Class for storing geo-localization information required to reference a raster band object in a spatial coordinate system. At its core this class contains all the attributes necessary to define a Affine transformation.

Attrib epsg:

EPSG code of the spatial reference system the raster data is projected to.

Attrib ulx:

upper left x coordinate of the raster band in the spatial reference system defined by the EPSG code. We assume GDAL defaults, therefore the coordinate should refer to the upper left pixel corner.

Attrib uly:

upper left y coordinate of the raster band in the spatial reference system defined by the EPSG code. We assume GDAL defaults, therefore the coordinate should refer to the upper left pixel corner.

Attrib pixres_x:

pixel size (aka spatial resolution) in x direction. The unit is defined by the spatial coordinate system given by the EPSG code.

Attrib pixres_y:

pixel size (aka spatial resolution) in y direction. The unit is defined by the spatial coordinate system given by the EPSG code.

__init__(epsg: int | CRS, ulx: int | float, uly: int | float, pixres_x: int | float, pixres_y: int | float)[source]

Class constructor to get a new GeoInfo instance.

>>> geo_info = GeoInfo(4326, 11., 48., 0.02, 0.02)
>>> affine = geo_info.as_affine()
Parameters:
  • epsg – EPSG code identifying the spatial reference system (e.g., 4326 for WGS84).

  • ulx – upper left x coordinate in units of the spatial reference system. Should refer to the upper left pixel corner.

  • uly – upper left x coordinate in units of the spatial reference system. Should refer to the upper left pixel corner

  • pixres_x – pixel grid cell size in x direction in units of the spatial reference system.

  • pixres_y – pixel grid cell size in y direction in units of the spatial reference system.

as_affine() Affine[source]

Returns an rasterio.Affine compatible affine transformation

Returns:

GeoInfo instance as rasterio.Affine

classmethod from_affine(affine: Affine, epsg: int)[source]

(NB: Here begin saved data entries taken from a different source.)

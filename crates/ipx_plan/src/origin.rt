//! What a link of the new configuration is made from.
ghost use Rattle.std.specs.Prelude.{◌≡◌};
ghost use Rattle.ipx_plan.specs.declared.origin.Cable.TheVariants.{Opened};

/// The cable of a link of the new configuration.
///
/// See the example of [`Plan`](crate::Plan).
#[derive(Clone, Copy, Debug, PartialEq, Eq)]
pub enum Cable {
    /// The one of the old link of that number, which stays open.
    Kept(usize),
    /// One that is opened for the new link of that number: for itself, or for an earlier one with which it shares it.
    Opened(usize),
}

impl Default for Cable {
    fn default() -> Cable
        ensures { result ≡ Opened 0 }
    {
        Cable::Opened(0)
    }
}

/// The tunnel of a link of the new configuration.
///
/// See the example of [`Plan`](crate::Plan).
#[derive(Clone, Copy, Debug, Default, PartialEq, Eq)]
pub enum Tunnel {
    /// It has none.
    #[default]
    Absent,
    /// It is the one of the old link that it continues, as it stands.
    Stays,
    /// It is made anew, and the clients of the old link that it continues are let in again, as far as they may.
    Again,
    /// It is made anew, without clients.
    New,
}

/// What a link of the new configuration is made from.
///
/// See the example of [`Plan`](crate::Plan).
#[derive(Clone, Copy, Debug, Default, PartialEq, Eq)]
pub struct Origin {
    /// The number of the old link that it continues; `None` if it is added.
    pub was: Option<usize>,
    /// Whether it is carried as that one was. If not, it begins anew there.
    pub is_as_before: bool,
    /// Its cable.
    pub cable: Cable,
    /// Its tunnel.
    pub tunnel: Tunnel,
    /// Whether the rules for its clients are others than that one's.
    pub has_other_clients: bool,
    /// Whether it extends broadcasts to other sockets than that one.
    pub has_other_sockets: bool,
}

Returns a GeoInfo instance from a rasterio.Affine object

Parameters:
  • affinerasterio.Affine object

  • epsg – EPSG code identifying the spatial coordinate system

Returns:

new GeoInfo instance

class eodal.core.band.WavelengthInfo(central_wavelength: int | float, wavelength_unit: str, band_width: int | float | None = 0.0)[source]

Bases: object

Class for storing information about the spectral wavelength of a raster band. Many optical sensors record data in spectral channels with a central wavelength and spectral band width.

Attrib central_wavelength:

central spectral wavelength.

Attrib band_width:

spectral band width. This is defined as the difference between the upper and lower spectral wavelength a sensor is recording in a spectral channel.

Attrib wavelength_unit:

physical unit in which central_wavelength and band_width are recorded. Usually ‘nm’ (nano-meters) or ‘um’ (micro-meters)

__init__(central_wavelength: int | float, wavelength_unit: str, band_width: int | float | None = 0.0)[source]

Constructor to derive a new WavelengthInfo instance for a (spectral) raster band.

Parameters:
  • central_wavelength – central wavelength of the band

  • wavelength_unit – physical unit in which the wavelength is provided

  • band_width – width of the spectral band (optional). If not provided assumes a width of zero wavelength units.